This is the pixel implementation of Concatenated Synthesis that commonly used for audio synthesis
How it works technically
The system runs a 4-stage pipeline using GLSL compute shaders and a fragment shader:
-
Stage 1 – Corpus Preprocessing
I extract features from 256 patches (64×64) from the corpus video. Each patch is analyzed for RGB mean and variance, stored as a 256×1 feature texture. This step runs offline using a compute shader. -
Stage 2 – Input Feature Extraction
The input video is divided into 16×16 patches (25×18 grid for a 400×300 input). A compute shader calculates the same features (RGB mean + variance) for each patch in real time. -
Stage 3 – Nearest Neighbor Matching
For every input patch, another compute shader loops through all 256 corpus features, computes the Euclidean distance, and finds the closest match. The best corpus patch ID is written into an index texture. -
Stage 4 – Final Rendering
A fragment shader reads the index texture, fetches the matching corpus patch from a 2D texture array, scales it from 64×64 to 16×16, and renders the final output at 400×300.

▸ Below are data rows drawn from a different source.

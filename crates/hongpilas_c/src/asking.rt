//! Questions beside the replies: messages that change nothing, asked without replacing the last reply.

ghost use Rattle.std.specs.Prelude.{◌≡◌, ◌≢◌, [], true, length, is_some, Ok};
ghost use Rattle.ed_types.specs.declared.refusal.Refusal.TheVariants.{OutOfMemory};
ghost use Rattle.ed_model.specs.Printed.{refusal_number};
ghost use Rattle.ed_model.specs.Table.{table};
ghost use Rattle.editor_session.specs.Answers.{message_with};
ghost use Rattle.editor_session.specs.Plans.{is_free};
ghost use Rattle.hongpilas_c.specs.Asked.{is_query, refused_asking, value_answered};
ghost use Rattle.hongpilas_c.specs.Calls.{session_of, asked_of, IsRead};

use crate::answers::{DONE, number_of};
use crate::handle::Handle;
use crate::starts::tell_start;
use ed_model::queries_leave_the_session;
use ed_types::{Bytes, Refusal, Reply, columns_of};
use editor_session::Session;
use std::alloc::Global;

/// Returns whether the message with this number is a question: whether it is marked Q.
fn is_query(number: u32) -> bool
    ensures { result ≡ is_query number }
{
    match columns_of(number) {
        Some(columns) => columns.q,
        None => false,
    }
}

/// Sends a question to a view, and replaces `reply` by its reply. Returns 0 or the number of the refusal, which is that
/// of `UnknownMessage` for a message that is no question. Out of line, so that a numeric query that was asked first does
/// not pay for its stack frame.
#[tactic(auto, using(crate::proofs::Refusing::refused_as_said, crate::proofs::Refusing::memory_alone, crate::proofs::QueryAnswers::question_leaves, crate::proofs::QueryAnswers::question_refused))]
#[inline(never)]
fn send_question(
    session: &mut Session,
    view: u32,
    number: u32,
    w: i64,
    l: i64,
    reply: &mut Reply,
) -> u32
    ensures done { result ≡ 0 → table session.old view (message_with number w l []) ≡ Ok (session.old, reply.new) }
    ensures refused { result ≢ 0 → result ≡ refused_asking number (table session.old view (message_with number w l [])) }
    ensures kept { result ≢ 0 → reply.new ≡ reply.old }
    ensures same { session.new ≡ session.old }
    ensures free { is_free session.old view (message_with number w l []) ≡ true → result ≢ refusal_number OutOfMemory }
{
    // States that a question leaves the session unchanged.
    queries_leave_the_session();
    if !is_query(number) {
        return number_of(Refusal::UnknownMessage);
    }
    match session.send_into(view, number, w, l, &[], reply) {
        Ok(_) => DONE,
        Err(refusal) => number_of(refusal),
    }
}

/// Asks a view a question: a message that changes nothing. Writes to `value` what `hongpilas_send_unchecked` would
/// answer, and replaces no reply. Returns 0 or the number of the refusal, which is that of `UnknownMessage` for a message
/// that is no question.
#[unsafe(no_mangle)]
pub extern "C" fn hongpilas_ask_unchecked(
    alloc: Global,
    handle: &mut Handle,
    view: u32,
    number: u32,
    w: i64,
    l: i64,
    value: &mut i64,
) -> u32
    requires { is_some handle.old.held ≡ true }
    ensures done { result ≡ 0 → value_answered (table (session_of handle.old.held) view (message_with number w l [])) ≡ Ok value.new }
    ensures refused { result ≢ 0 → result ≡ refused_asking number (table (session_of handle.old.held) view (message_with number w l [])) }
    ensures same { handle.new.held ≡ handle.old.held }
    ensures value_kept { result ≢ 0 → value.new ≡ value.old }
    ensures free { is_free (session_of handle.old.held) view (message_with number w l []) ≡ true → result ≢ refusal_number OutOfMemory }
{
    let held = handle.held();
    if let Some(answer) = held.session.ask(view, number, w, l) {
        *value = answer;
        return DONE;
    }
    let mut reply = Reply::quiet(alloc, 0, Bytes::empty(alloc));
    let answer = send_question(&mut held.session, view, number, w, l, &mut reply);
    if answer == DONE {
        *value = reply.value();
    }
    answer
}

/// Asks a view a question as `hongpilas_ask_unchecked` does, and lends its text: sets `text` to the address of the first
/// byte, and `count` to how many there are. The text is valid until the next such call, or the session is freed.
#[unsafe(no_mangle)]
pub extern "C" fn hongpilas_read_unchecked(
    handle: &mut Handle,
    view: u32,
    number: u32,
    w: i64,
    l: i64,
    text: &mut *const u8,
    count: &mut usize,
    value: &mut i64,
) -> u32
    requires { is_some handle.old.held ≡ true }
    ensures done { result ≡ 0 → IsRead view (message_with number w l []) handle.old.held handle.new.held }
    ensures value { result ≡ 0 → value.new ≡ (asked_of handle.new.held).value }
    ensures count { result ≡ 0 → count.new ≡ length (asked_of handle.new.held).text }
    ensures refused { result ≢ 0 → result ≡ refused_asking number (table (session_of handle.old.held) view (message_with number w l [])) }
    ensures kept { result ≢ 0 → handle.new.held ≡ handle.old.held }
    ensures text_kept { result ≢ 0 → text.new ≡ text.old }
    ensures count_kept { result ≢ 0 → count.new ≡ count.old }
    ensures value_kept { result ≢ 0 → value.new ≡ value.old }
    ensures free { is_free (session_of handle.old.held) view (message_with number w l []) ≡ true → result ≢ refusal_number OutOfMemory }
{
    let held = handle.held();
    let answer = send_question(&mut held.session, view, number, w, l, &mut held.asked);
    if answer == DONE {
        *value = held.asked.value();
        *count = tell_start(held.asked.text(), text);
    }
    answer
}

Everything runs on the GPU using GLSL Multi TOP for compute shaders and GLSL TOP for the final fragment-shader rendering.
Tested Hardware
This implementation is only tested on my MacBook Pro (64GB RAM, M-series Pro/Max tier – the highest configuration available at the time). Performance or behavior on other systems may differ.
I am not an expert in computer graphics, so if you have suggestions, critiques, improvements, or anything that could make this better, they are very welcome.